(Stored data entries)
::::

//! The loop: one move behind the other.

ghost use Rattle.std.specs.Prelude.{◌≤◌, IfOk, OnOk, length};
ghost use Rattle.cps_code.specs.Script.{IsScript, script_of};
ghost use Rattle.cps_frames.specs.Standing.{standing};
ghost use Rattle.script_thread.specs.Marks.{StaysBelow};
ghost use Rattle.cps_machine.specs.Stops.{MayRun, Stops};

use crate::parts::{enter, go_on};
use cps_frames::{Move, Shared, ThreadState, moved};
use model_run::{Asked, Ending};
use model_values::LimitKind;
use std::alloc::AllocError;

/// How a thread stops.
#[derive(Drop)]
pub enum Stopped {
    /// What it runs has ended so.
    Ended(Ending),
    /// The build has met this limit, which ends it.
    Limit(LimitKind),
    /// It waits, inside its frames.
    Waits(Asked),
}

/// Makes moves, this one first, until the thread waits, ends or meets a limit. `AllocError` where the memory was refused:
/// then nothing is known of the thread and its build.
///
/// `low` is how many frames count as untouched: it falls to the height of the stack wherever a frame is taken off below it.
pub fn run(
    state: &mut ThreadState,
    low: &mut usize,
    shared: &mut Shared,
    first: Move,
) -> Result<Stopped, AllocError>
    requires script { IsScript (script_of shared.old.code) }
    requires may { MayRun (standing shared.old state.old) first }
    requires within { low.old ≤ length state.old.stack.items }
    ensures stops { IfOk result (λ stopped. Stops (standing shared.old state.old) first stopped (standing shared.new state.new)) }
    ensures stays { OnOk result (StaysBelow low.old state.old.stack.items low.new state.new.stack.items) }
{
    let mut now = first;
    loop {
        match now {
            Move::Ends(ending) => match state.stack.pop() {
                None => return Ok(Stopped::Ended(ending)),
                Some(frame) => {
                    *low = lowest(state, *low);
                    now = moved(go_on(state, shared, frame, ending))?;
                }
            },
            Move::Hits(limit) => return Ok(Stopped::Limit(limit)),
            Move::Enter(entry, node, env) => now = moved(enter(state, shared, entry, node, env))?,
            Move::Asks(asked) => return Ok(Stopped::Waits(asked)),
        }
    }
}

/// The lesser of a height and that of the stack.
pub fn lowest(state: &ThreadState, low: usize) -> usize
    ensures { (result ≤ low) × (result ≤ length state.now.stack.items) }
{
    low.min(state.stack.len())
}
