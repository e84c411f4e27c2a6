//! What a name that is called means.

ghost use Rattle.std.specs.Prelude.{◌≡◌, ◌<◌, IfOk, IfSome, length, slice_get};
ghost use Rattle.std.specs.List.{AllByRecursion as AllAre};
ghost use Rattle.model_values.specs.Fitting.{HasVariable};
ghost use Rattle.model_run.specs.Fitting.{NamesRise};
ghost use Rattle.model_run.specs.Callables.{function_named};
ghost use Rattle.model_run.specs.Calls.{binding_closure, meant_function};
ghost use Rattle.cps_frames.specs.Standing.{world_of};
ghost use Rattle.cps_frames.specs.declared.thread.ThreadState.{ThreadState as Thread};
ghost use Rattle.cps_calls.specs.Meanings.{meant_of};

use crate::closures::closure_of;
use crate::step_names::step_named;
use cps_frames::Shared;
use cps_variables::{look_binding, variable};
use model_run::{Callee, Step};
use model_text::Text;
use model_values::Env;
use std::alloc::AllocError;

/// What a name that is called means, where no variable of this name is declared.
#[derive(Drop)]
pub(crate) enum Meant {
    /// A function, or the closure that a binding variable holds.
    Body(Callee),
    Begins(Step),
    Nothing,
}

/// What a name that is called means, where no variable of this name is declared: a function; a binding variable that holds a
/// closure; a step.
pub(crate) fn meaning(shared: &Shared, name: &Text) -> Result<Meant, AllocError>
    requires bound { AllAre (λ b. HasVariable (slice_get shared.now.heap.cells b.cell)) shared.now.binding.items }
    requires rising { NamesRise shared.now.binding.items }
    ensures { (t : Thread) → IfOk result (λ meant. meant_of meant ≡ meant_function name.now (world_of shared.now t) (function_named name.now (world_of shared.now t))) }
{
    if let Some(callee) = function_named(shared, name) {
        return Ok(Meant::Body(callee));
    }
    if let Some(callee) = binding_closure(shared, name.as_slice())? {
        return Ok(Meant::Body(callee));
    }
    match step_named(name.as_slice()) {
        Some(step) => Ok(Meant::Begins(step)),
        None => Ok(Meant::Nothing),
    }
}

/// The closure that the binding variable of this name holds, and `None` exactly where there is none.
fn binding_closure(shared: &Shared, name: &[u8]) -> Result<Option<Callee>, AllocError>
    requires bound { AllAre (λ b. HasVariable (slice_get shared.now.heap.cells b.cell)) shared.now.binding.items }
    requires rising { NamesRise shared.now.binding.items }
    ensures { (t : Thread) → IfOk result (λ callee. callee ≡ binding_closure name.now (world_of shared.now t)) }
{
    match look_binding(name, shared.binding.as_slice()) {
        Some(cell) => closure_of(shared, &variable(&shared.heap, cell)),
        None => Ok(None),
    }
}

/// The function of this name, and `None` exactly where there is none.
fn function_named(shared: &Shared, name: &Text) -> Option<Callee>
    ensures { (t : Thread) → result ≡ function_named name.now (world_of shared.now t) }
{
    let node = shared.code.function(name)?;
    let env = Env::new(shared.alloc());
    Some(Callee { node, env })
}
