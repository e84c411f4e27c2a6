//! The parts of a node by their forms, and the values that a node keeps by their places.

ghost use Rattle.std.specs.Prelude.{◌≡◌, ◌<◌, length};
ghost use Rattle.model_run.specs.Around.{arity, form_at, value_at};
ghost use Rattle.model_run.specs.Nesting.{shape_at};
ghost use Rattle.model_run.specs.Terms.{nodes_of};
ghost use Rattle.cps_code.specs.Script.{script_of};

use cps_code::Code;
use model_syntax::NodeForm;
use model_values::{Value, Values};

/// What part `at` of a node is, counted from 0.
pub fn part_form(code: &Code, node: u32, at: u32) -> &NodeForm
    requires node { node < length (nodes_of (script_of code.now)) }
    requires part { at < arity (shape_at (script_of code.now) node) }
    ensures { result.now ≡ form_at (shape_at (script_of code.now) node).parts at }
{
    match code.part(node, at) {
        None => unreachable!(),
        Some(part) => code.kind(part),
    }
}

/// The kept value at a place, counted from 0; null where there is none.
pub fn value_at(values: &Values, at: usize) -> Value
    ensures { result ≡ value_at at values.now }
{
    values.get(at).copied().unwrap_or(Value::Null)
}

/// The kept value at a place where there is one, counted from 0.
pub fn kept_value(values: &Values, at: usize) -> Value
    requires { at < length values.now }
    ensures { result ≡ value_at at values.now }
{
    values.as_slice()[at]
}
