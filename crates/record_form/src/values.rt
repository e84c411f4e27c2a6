//! Values of scripts, and cells.

ghost use Rattle.std.specs.Prelude.{◌≡◌, ◌<◌, length};
ghost use Rattle.field_form.specs.Cells.{entry_form};
ghost use Rattle.record_form.specs.Sizes.{size_at};

use crate::Measured;
use model_values::{Binding, Cell, Entries, Key, Outcome, Value};

impl Measured for Value {
    fn size(&self) -> u64 {
        match self {
            Value::Null | Value::Bool(_) => 1,
            Value::Int(_) | Value::Cell(_) => 5,
        }
    }
}

impl Measured for Outcome {
    fn size(&self) -> u64 {
        match self {
            Outcome::Value(value) => value.size().saturating_add(1),
            Outcome::Thrown(_) => 5,
        }
    }
}

impl Measured for Key {
    fn size(&self) -> u64 {
        match self {
            Key::Int(_) => 5,
            Key::Text(text) => text.size().saturating_add(1),
        }
    }
}

impl Measured for Binding {
    fn size(&self) -> u64 {
        self.name.size().saturating_add(4)
    }
}

impl Measured for Entries {
    fn size(&self) -> u64 {
        let count = self.len();
        let mut size = 4u64;
        for place in 0..count {
            size = size.saturating_add(entry_size(self, place));
        }
        size
    }
}

fn entry_size(entries: &Entries, place: usize) -> u64
    requires { place < length entries.now }
    ensures { result ≡ size_at entry_form entries.now place }
{
    match entries.entry_at(place) {
        None => 0,
        Some((key, value)) => key.size().saturating_add(value.size()),
    }
}

impl Measured for Cell {
    fn size(&self) -> u64 {
        match self {
            Cell::Variable(value) => value.size().saturating_add(1),
            Cell::Text(text) => text.size().saturating_add(1),
            Cell::List(values) => values.size().saturating_add(1),
            Cell::Map(entries) => entries.size().saturating_add(1),
            Cell::Closure { env, .. } => env.size().saturating_add(5),
            Cell::Thrown { message, .. } => message.size().saturating_add(2),
        }
    }
}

::::

Task statement. Word for word, set down the lines from the beginning of the records through the line that holds "pub enum Stopped". Leave out the rest.

Output.
//! The loop: one move behind the other.

ghost use Rattle.std.specs.Prelude.{◌≤◌, IfOk, OnOk, length};
ghost use Rattle.cps_code.specs.Script.{IsScript, script_of};
ghost use Rattle.cps_frames.specs.Standing.{standing};
ghost use Rattle.script_thread.specs.Marks.{StaysBelow};
ghost use Rattle.cps_machine.specs.Stops.{MayRun, Stops};

use crate::parts::{enter, go_on};
use cps_frames::{Move, Shared, ThreadState, moved};
use model_run::{Asked, Ending};
use model_values::LimitKind;
use std::alloc::AllocError;

/// How a thread stops.
#[derive(Drop)]
pub enum Stopped {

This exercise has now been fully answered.